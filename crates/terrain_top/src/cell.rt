// The command `cell`.
ghost use Rattle.std.specs.Prelude.{◌≡◌, ℕ, List, IfOk, IfSome};
ghost use Rattle.std.specs.FinMap as map;
ghost use Rattle.dted_cell.specs.Facts.{AreFacts};
ghost use Rattle.top_reply.specs.Cell.{cell_reply, read_reply};
ghost use Rattle.terrain_top.specs.Effects.{Asks, OnlyMemory};
ghost use Rattle.terrain_top.specs.Says.{IsPlain, Says};

use crate::answer::{Answer, done, refused};
use crate::file::{FileRead, fetch_facts, file_read};
use dted_cell::{CellFacts, CellView};
use report_text::{cell_line, cell_refusal_text};
use std::alloc::Global;
use terrain_base::{Library, ReadBy};
use top_reply::Stop;

/// The most bytes that a cell's file may have.
pub(crate) const CELL_LIMIT: usize = 33_554_432;

// What is said of a cell.
fn tell_cell(alloc: Global, facts: &CellFacts) -> Result<Answer, Stop>
    ensures says { IfOk result (λ answer. (bytes : List ℕ) → AreFacts bytes facts.now
        → Says (read_reply bytes) answer) }
    ensures plain { IfOk result IsPlain }
    ensures memory { OnlyMemory result }
{
    let line = cell_line(alloc, facts)?;
    done(alloc, &line)
}

// What the bytes of a file come to.
fn read_cell(alloc: Global, bytes: &[u8]) -> Result<Answer, Stop>
    ensures says { IfOk result (Says (read_reply bytes.now)) }
    ensures plain { IfOk result IsPlain }
    ensures memory { OnlyMemory result }
{
    match CellView::read(bytes) {
        Ok(view) => tell_cell(alloc, &view.facts()),
        Err(refusal) => {
            let cause = cell_refusal_text(alloc, &refusal)?;
            refused(alloc, &cause)
        }
    }
}

/// Reads the cell of a file and says what it is, or why it is refused.
pub(crate) fn answer_to_cell<Li: Library>(
    alloc: Global,
    files: &mut Li,
    file: &str,
) -> Result<Answer, Stop>
    ensures says { IfOk result (λ answer. IfSome (Li.holds files.old) (λ held. Says (cell_reply file.now
        (map.get held file.now)) answer)) }
    ensures plain { IfOk result IsPlain }
    ensures asks { Asks Li.holds Li.faults files.old files.new result }
{
    let fetched = match fetch_facts(alloc, files, file, CELL_LIMIT)? {
        ReadBy::Found(facts) => return tell_cell(alloc, &facts),
        ReadBy::Whole(fetched) => fetched,
    };
    match file_read(alloc, file, CELL_LIMIT, fetched)? {
        FileRead::Bytes(bytes) => read_cell(alloc, &bytes),
        FileRead::NoFile(cause) => refused(alloc, &cause),
    }
}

== Aim of the task ==
From the material above, copy every line where the word "IfOk" is found.

== Solution for this exercise ==
ghost use Rattle.std.specs.Prelude.{◌≡◌, ℕ, List, IfOk, IfSome};
    ensures says { IfOk result (λ answer. (bytes : List ℕ) → AreFacts bytes facts.now
    ensures plain { IfOk result IsPlain }
    ensures says { IfOk result (Says (read_reply bytes.now)) }
    ensures plain { IfOk result IsPlain }
    ensures says { IfOk result (λ answer. IfSome (Li.holds files.old) (λ held. Says (cell_reply file.now
    ensures plain { IfOk result IsPlain }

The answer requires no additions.